孫奕之看著青青坐上自己身後的禮車,雖妝容有些重,眼神卻依舊清亮,一眼便可認出她來,總算也放下心來。先前趙婉娘跑去找青青,說趙氏想讓她代嫁,他便特地讓人改裝了禮車,確保在接人之前,便可清清楚楚地看清新婦模樣,以免那些人真玩出魚目混珠的花樣來,就算他後面識破,終歸還是壞了今日的喜慶。

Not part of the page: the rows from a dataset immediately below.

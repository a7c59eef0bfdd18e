//! Words for what is wrong in a file.
ghost use Rattle.std.specs.Prelude.{◌≡◌, ◌++◌, OnOk, string_bytes};
ghost use Rattle.router_says.specs.Names.{asked, file_said, name_of};
ghost use Rattle.router_says.specs.Said.{limit_place, unmet_said};

use crate::names::given_name;
use crate::phrases::{FAULT_CLAUSE, FAULT_NO_MODEL, FILE};
use router_words::Job;
use run_outcome::TextFile;
use std::alloc::AllocError;

/// Appends the file that holds what passes its limit, if one does.
pub(crate) fn append_limit_place(
    out: &mut String,
    job: Option<Job<'_>>,
    file: Option<TextFile>,
) -> Result<(), AllocError>
    ensures { OnOk result
        (string_bytes out.new ≡ string_bytes out.old ++ limit_place (asked job.entry) file) }
{
    let Some(file) = file else {
        return Ok(());
    };
    append_file(out, job, file)?;
    out.push_str(": ")
}

/// Appends which clause has no literal of a model.
pub(crate) fn append_unmet(out: &mut String, clause: u32) -> Result<(), AllocError>
    ensures { OnOk result (string_bytes out.new ≡ string_bytes out.old ++ unmet_said clause) }
{
    write!(out, "{FAULT_CLAUSE}{clause}{FAULT_NO_MODEL}")
}

/// Appends the kind of a file, and the name that was given for it.
pub(crate) fn append_file(
    out: &mut String,
    job: Option<Job<'_>>,
    file: TextFile,
) -> Result<(), AllocError>
    ensures { OnOk result (string_bytes out.new
        ≡ string_bytes out.old ++ file_said file (name_of (asked job.entry) file)) }
{
    let kind = file.word();
    match given_name(job, file) {
        Some(name) => write!(out, "{kind}{FILE} {name}"),
        None => write!(out, "{kind}{FILE}"),
    }
}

好在他先行提點了趙無憂,旁敲側擊地說了一下,趙毋恤顯然一聽就明白,自不會再安排這種蹩腳的把戲,這幾日他安排人盯緊了秦易和趙毋恤,就怕他們再合謀在最後的關頭破壞婚事。
如今看到青青就在眼前,前路不遠,只要到了那個屬於他們自己的家,從此之後,他們就是真正的一家人,結髮攜手,此生此世,永不分離。